*ACTIVITY*
Show, in full, each line of the data that contains "history".

-=-=-=-=-

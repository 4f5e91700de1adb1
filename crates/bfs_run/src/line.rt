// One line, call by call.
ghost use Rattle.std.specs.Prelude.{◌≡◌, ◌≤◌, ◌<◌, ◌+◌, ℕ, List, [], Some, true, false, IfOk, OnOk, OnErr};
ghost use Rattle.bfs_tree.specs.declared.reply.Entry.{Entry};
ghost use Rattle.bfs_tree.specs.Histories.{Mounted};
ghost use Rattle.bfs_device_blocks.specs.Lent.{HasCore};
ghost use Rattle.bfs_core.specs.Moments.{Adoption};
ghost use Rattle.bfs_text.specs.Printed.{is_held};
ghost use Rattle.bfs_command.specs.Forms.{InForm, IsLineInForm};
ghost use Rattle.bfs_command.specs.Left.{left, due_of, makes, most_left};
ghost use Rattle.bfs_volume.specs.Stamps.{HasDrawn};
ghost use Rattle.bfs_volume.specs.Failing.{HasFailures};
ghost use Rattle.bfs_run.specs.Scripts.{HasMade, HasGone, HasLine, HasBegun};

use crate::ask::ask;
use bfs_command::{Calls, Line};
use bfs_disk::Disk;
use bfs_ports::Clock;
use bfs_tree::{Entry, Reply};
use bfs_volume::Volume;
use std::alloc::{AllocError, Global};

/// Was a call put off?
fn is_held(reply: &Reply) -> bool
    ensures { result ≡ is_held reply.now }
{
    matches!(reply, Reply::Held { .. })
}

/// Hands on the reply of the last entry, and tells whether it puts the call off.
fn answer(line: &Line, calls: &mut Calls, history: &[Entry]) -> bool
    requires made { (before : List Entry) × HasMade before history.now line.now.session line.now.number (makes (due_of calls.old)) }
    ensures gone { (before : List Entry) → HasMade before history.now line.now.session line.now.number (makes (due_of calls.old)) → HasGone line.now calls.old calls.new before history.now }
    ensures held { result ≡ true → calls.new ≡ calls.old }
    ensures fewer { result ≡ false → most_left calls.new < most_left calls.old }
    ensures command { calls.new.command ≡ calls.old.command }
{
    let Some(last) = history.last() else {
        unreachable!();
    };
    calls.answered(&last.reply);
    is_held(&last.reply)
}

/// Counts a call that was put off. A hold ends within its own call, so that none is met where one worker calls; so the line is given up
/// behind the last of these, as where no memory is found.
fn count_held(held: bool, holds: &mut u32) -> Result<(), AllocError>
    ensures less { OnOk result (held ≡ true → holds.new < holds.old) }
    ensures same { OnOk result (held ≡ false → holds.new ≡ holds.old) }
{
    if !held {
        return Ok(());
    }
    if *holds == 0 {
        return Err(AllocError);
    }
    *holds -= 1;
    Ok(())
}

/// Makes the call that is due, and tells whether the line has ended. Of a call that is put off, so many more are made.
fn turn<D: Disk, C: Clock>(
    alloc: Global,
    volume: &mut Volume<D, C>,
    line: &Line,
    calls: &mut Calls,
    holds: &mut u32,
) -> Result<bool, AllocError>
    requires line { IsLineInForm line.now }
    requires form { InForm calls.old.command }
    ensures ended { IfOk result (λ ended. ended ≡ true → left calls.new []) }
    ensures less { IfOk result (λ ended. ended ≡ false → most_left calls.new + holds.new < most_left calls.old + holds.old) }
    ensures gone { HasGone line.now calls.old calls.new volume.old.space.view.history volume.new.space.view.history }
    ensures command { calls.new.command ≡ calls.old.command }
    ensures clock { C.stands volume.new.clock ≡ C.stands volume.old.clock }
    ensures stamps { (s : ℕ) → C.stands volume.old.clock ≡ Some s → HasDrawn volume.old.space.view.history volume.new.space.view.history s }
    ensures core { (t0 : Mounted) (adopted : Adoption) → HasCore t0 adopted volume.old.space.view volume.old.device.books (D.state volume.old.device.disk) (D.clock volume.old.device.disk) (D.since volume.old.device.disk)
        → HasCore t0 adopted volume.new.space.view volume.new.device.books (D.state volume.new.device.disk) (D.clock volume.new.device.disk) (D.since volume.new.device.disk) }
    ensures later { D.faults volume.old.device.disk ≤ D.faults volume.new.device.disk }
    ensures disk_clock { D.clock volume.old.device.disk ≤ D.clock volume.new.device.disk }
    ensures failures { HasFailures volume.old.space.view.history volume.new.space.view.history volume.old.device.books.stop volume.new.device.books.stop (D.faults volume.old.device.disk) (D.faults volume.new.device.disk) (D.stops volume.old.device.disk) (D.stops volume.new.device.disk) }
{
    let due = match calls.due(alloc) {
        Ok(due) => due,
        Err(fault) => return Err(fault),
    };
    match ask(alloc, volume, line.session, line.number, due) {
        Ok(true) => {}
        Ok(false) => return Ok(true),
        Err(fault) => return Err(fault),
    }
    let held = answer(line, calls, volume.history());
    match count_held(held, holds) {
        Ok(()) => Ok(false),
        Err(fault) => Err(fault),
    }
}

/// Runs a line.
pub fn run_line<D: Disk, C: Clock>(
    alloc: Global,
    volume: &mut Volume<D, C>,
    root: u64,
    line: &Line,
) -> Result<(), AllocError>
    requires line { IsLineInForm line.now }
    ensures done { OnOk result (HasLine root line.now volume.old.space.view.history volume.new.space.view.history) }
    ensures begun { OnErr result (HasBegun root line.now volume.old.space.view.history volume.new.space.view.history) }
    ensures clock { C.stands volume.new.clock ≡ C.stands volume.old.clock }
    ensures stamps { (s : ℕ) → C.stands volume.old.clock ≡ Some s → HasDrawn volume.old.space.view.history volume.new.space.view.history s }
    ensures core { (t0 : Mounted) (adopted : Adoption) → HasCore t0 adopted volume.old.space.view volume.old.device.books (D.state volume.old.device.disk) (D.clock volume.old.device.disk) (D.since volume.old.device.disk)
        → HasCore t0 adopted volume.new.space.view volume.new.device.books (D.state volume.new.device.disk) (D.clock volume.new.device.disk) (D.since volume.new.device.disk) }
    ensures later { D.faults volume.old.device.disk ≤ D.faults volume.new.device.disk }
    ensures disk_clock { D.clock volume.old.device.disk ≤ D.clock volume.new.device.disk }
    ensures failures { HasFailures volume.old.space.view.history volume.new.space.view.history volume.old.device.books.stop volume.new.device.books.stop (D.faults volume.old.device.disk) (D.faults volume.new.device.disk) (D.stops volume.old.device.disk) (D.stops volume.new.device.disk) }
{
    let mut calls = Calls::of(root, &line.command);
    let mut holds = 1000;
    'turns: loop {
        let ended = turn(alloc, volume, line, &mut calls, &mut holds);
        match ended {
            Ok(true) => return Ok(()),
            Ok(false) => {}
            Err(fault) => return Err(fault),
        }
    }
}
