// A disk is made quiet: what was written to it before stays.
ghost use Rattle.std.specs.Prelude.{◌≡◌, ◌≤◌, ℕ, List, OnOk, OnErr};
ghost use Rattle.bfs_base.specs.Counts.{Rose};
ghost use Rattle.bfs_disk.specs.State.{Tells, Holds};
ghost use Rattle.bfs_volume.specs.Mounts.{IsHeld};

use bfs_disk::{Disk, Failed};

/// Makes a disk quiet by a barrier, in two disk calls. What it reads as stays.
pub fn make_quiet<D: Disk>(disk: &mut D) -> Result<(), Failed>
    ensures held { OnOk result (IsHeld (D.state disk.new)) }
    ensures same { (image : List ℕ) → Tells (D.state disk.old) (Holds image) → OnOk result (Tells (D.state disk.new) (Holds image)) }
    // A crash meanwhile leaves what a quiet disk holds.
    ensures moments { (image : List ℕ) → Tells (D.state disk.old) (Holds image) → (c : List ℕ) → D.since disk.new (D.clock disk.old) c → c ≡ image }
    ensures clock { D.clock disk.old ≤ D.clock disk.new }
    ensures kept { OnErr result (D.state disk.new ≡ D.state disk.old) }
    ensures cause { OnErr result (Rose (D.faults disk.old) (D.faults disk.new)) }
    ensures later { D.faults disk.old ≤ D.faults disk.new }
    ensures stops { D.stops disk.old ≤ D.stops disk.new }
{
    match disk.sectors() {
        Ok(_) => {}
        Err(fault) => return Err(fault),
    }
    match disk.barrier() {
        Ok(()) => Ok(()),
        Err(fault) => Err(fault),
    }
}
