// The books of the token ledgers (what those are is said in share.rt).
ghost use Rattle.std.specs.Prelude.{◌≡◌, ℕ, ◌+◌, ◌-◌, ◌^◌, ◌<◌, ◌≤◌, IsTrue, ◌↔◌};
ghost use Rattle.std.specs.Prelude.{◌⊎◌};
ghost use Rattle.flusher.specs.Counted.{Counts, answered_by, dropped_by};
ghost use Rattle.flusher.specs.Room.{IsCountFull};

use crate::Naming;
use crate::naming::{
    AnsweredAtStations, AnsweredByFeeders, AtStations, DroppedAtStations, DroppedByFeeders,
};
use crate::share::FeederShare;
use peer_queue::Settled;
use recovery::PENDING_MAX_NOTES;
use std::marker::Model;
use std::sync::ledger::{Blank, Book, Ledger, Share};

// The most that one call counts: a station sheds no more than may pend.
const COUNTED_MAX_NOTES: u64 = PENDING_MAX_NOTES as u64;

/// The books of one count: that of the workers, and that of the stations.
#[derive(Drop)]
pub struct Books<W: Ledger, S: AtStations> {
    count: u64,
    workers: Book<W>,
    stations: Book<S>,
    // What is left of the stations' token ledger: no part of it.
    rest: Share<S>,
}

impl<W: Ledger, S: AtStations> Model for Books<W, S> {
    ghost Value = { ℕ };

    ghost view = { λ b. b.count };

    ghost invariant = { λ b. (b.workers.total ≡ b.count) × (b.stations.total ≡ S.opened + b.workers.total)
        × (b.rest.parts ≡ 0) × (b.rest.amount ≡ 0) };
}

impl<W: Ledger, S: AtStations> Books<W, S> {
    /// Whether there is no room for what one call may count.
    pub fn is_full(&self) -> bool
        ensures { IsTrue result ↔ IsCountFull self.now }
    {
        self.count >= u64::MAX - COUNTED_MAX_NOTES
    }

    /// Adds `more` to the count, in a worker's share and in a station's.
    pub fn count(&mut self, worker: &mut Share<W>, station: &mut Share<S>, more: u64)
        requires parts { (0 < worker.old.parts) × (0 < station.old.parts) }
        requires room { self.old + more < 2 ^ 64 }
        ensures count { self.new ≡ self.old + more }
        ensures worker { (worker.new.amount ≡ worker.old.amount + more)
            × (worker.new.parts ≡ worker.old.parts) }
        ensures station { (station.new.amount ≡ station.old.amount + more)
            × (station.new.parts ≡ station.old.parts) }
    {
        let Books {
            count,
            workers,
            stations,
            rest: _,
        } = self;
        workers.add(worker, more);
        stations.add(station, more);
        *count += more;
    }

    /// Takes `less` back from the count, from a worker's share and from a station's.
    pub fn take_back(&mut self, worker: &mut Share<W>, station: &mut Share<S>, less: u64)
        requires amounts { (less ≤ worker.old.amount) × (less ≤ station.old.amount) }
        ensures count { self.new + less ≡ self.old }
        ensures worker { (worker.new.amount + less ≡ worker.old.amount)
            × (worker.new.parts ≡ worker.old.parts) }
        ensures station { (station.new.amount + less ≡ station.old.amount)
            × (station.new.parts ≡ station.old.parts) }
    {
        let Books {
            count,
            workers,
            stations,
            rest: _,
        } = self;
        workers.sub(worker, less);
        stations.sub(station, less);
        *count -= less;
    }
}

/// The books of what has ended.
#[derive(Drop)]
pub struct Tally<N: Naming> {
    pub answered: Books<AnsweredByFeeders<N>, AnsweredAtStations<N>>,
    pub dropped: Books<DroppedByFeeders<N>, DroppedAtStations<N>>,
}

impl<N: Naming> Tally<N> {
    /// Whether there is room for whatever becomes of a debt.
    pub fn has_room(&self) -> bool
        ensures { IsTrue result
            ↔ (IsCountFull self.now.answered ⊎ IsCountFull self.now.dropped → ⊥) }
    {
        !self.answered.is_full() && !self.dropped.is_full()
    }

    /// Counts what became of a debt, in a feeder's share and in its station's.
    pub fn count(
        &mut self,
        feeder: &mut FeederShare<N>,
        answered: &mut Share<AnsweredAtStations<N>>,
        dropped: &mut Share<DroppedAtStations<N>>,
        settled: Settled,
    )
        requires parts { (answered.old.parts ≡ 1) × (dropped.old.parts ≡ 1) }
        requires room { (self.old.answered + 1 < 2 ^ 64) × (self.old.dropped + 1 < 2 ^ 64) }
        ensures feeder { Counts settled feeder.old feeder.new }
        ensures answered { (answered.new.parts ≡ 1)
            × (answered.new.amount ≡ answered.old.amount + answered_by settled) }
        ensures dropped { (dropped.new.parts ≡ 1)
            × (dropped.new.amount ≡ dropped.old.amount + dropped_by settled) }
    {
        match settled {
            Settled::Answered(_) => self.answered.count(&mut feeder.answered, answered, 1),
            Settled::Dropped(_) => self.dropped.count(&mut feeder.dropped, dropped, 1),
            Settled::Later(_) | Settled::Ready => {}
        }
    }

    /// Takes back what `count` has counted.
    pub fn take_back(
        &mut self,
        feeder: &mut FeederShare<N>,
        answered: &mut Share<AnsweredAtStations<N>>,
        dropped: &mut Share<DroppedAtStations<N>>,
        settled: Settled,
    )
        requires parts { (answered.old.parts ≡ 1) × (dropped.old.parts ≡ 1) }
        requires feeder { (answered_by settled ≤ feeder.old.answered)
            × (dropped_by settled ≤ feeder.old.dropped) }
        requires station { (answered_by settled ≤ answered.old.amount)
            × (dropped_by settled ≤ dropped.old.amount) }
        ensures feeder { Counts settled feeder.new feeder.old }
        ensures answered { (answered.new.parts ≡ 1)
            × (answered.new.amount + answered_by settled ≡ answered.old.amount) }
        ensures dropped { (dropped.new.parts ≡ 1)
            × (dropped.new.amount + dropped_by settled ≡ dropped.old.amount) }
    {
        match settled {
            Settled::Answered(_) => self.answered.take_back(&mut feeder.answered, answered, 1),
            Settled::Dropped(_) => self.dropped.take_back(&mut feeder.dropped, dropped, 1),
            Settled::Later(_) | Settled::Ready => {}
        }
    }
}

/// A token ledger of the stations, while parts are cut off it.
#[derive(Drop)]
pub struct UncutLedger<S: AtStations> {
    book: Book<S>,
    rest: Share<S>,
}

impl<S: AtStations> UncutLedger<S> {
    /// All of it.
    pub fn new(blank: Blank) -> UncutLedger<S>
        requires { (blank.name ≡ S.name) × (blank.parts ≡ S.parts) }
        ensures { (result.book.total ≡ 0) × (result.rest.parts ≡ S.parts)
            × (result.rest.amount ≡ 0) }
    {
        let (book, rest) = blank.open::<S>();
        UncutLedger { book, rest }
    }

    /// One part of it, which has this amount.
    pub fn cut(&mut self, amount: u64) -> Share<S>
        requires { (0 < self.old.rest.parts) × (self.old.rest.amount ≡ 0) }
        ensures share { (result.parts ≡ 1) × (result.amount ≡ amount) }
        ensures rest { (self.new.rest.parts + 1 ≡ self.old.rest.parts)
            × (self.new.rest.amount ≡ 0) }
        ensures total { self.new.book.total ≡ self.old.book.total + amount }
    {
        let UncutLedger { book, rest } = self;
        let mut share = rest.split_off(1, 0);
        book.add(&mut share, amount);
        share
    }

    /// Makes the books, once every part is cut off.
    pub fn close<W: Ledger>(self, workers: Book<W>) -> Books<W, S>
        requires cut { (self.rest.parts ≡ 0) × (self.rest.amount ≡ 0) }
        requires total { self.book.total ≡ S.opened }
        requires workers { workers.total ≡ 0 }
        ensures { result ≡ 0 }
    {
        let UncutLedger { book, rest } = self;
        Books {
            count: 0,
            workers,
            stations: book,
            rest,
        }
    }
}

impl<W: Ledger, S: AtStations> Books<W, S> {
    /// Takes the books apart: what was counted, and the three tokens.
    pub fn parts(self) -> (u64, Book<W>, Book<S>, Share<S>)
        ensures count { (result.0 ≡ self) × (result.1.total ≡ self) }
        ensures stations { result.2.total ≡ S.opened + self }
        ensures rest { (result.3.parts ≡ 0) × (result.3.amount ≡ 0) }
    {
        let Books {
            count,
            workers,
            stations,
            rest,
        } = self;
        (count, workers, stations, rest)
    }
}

-=-=-=-=-

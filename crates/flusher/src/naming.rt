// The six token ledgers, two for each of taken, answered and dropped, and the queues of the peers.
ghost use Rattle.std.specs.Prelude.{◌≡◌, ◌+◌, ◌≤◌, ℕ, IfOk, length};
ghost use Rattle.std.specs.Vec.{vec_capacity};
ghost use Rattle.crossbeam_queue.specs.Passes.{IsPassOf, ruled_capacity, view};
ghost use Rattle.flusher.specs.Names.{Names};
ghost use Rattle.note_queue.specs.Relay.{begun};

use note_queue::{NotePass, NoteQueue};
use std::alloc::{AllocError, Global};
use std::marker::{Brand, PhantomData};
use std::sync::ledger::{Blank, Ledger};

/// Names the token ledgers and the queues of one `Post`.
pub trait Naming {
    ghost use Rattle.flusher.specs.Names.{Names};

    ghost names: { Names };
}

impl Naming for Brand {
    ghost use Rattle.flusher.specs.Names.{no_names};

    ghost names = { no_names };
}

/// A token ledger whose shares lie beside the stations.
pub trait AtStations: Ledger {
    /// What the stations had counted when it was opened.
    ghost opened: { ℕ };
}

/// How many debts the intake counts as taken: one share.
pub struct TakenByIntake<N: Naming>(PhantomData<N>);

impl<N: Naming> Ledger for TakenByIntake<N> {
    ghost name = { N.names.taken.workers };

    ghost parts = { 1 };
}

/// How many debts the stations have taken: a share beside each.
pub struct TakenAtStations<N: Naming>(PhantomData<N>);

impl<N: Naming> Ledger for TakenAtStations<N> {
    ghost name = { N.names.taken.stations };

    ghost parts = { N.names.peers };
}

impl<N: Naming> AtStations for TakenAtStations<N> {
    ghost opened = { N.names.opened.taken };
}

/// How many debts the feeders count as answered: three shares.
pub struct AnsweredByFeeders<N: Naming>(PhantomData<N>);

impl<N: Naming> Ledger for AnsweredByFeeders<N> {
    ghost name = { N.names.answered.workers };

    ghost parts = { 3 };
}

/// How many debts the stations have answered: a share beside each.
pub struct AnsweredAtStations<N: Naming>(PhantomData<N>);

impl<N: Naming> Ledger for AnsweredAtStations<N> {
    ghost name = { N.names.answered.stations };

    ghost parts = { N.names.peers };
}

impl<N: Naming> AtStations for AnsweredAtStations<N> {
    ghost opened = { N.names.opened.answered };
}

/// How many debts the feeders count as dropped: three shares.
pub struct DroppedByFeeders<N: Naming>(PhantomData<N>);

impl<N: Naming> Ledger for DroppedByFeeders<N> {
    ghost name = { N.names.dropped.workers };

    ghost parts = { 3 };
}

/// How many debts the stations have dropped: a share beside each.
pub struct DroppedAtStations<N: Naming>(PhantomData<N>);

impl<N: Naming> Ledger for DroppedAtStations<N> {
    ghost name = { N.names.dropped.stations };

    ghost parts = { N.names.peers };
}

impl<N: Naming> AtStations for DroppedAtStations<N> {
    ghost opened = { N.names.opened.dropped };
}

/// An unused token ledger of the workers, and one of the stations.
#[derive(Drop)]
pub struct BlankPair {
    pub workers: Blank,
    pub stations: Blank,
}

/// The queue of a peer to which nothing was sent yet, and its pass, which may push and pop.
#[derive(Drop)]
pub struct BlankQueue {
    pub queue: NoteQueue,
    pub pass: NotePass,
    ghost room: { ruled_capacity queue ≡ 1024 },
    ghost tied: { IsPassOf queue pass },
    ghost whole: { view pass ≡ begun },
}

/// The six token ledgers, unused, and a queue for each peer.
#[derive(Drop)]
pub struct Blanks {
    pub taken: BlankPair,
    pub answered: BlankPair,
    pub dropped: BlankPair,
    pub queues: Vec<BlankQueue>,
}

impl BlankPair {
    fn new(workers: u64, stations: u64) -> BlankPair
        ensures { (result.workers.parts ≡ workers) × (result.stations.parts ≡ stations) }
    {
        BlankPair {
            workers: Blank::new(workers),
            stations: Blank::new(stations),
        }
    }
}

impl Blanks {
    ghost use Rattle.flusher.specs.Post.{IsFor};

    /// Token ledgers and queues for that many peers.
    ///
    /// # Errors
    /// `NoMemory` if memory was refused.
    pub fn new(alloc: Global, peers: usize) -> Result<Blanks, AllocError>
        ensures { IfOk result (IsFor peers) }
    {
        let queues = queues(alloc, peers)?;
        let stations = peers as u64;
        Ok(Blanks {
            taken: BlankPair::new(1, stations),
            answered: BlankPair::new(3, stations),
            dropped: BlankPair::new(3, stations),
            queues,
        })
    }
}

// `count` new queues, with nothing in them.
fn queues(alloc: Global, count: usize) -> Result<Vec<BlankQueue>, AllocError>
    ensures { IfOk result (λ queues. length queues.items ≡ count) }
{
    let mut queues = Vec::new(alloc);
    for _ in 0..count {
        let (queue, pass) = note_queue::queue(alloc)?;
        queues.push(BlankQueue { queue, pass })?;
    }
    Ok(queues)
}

-=-=-=-=-

*TASK RESPONSE*
fn answer(line: &Line, calls: &mut Calls, history: &[Entry]) -> bool
    requires made { (before : List Entry) × HasMade before history.now line.now.session line.now.number (makes (due_of calls.old)) }
    ensures gone { (before : List Entry) → HasMade before history.now line.now.session line.now.number (makes (due_of calls.old)) → HasGone line.now calls.old calls.new before history.now }
    let Some(last) = history.last() else {
    ensures gone { HasGone line.now calls.old calls.new volume.old.space.view.history volume.new.space.view.history }
    ensures stamps { (s : ℕ) → C.stands volume.old.clock ≡ Some s → HasDrawn volume.old.space.view.history volume.new.space.view.history s }
    ensures failures { HasFailures volume.old.space.view.history volume.new.space.view.history volume.old.device.books.stop volume.new.device.books.stop (D.faults volume.old.device.disk) (D.faults volume.new.device.disk) (D.stops volume.old.device.disk) (D.stops volume.new.device.disk) }
    let held = answer(line, calls, volume.history());
    ensures done { OnOk result (HasLine root line.now volume.old.space.view.history volume.new.space.view.history) }
    ensures begun { OnErr result (HasBegun root line.now volume.old.space.view.history volume.new.space.view.history) }
    ensures stamps { (s : ℕ) → C.stands volume.old.clock ≡ Some s → HasDrawn volume.old.space.view.history volume.new.space.view.history s }
    ensures failures { HasFailures volume.old.space.view.history volume.new.space.view.history volume.old.device.books.stop volume.new.device.books.stop (D.faults volume.old.device.disk) (D.faults volume.new.device.disk) (D.stops volume.old.device.disk) (D.stops volume.new.device.disk) }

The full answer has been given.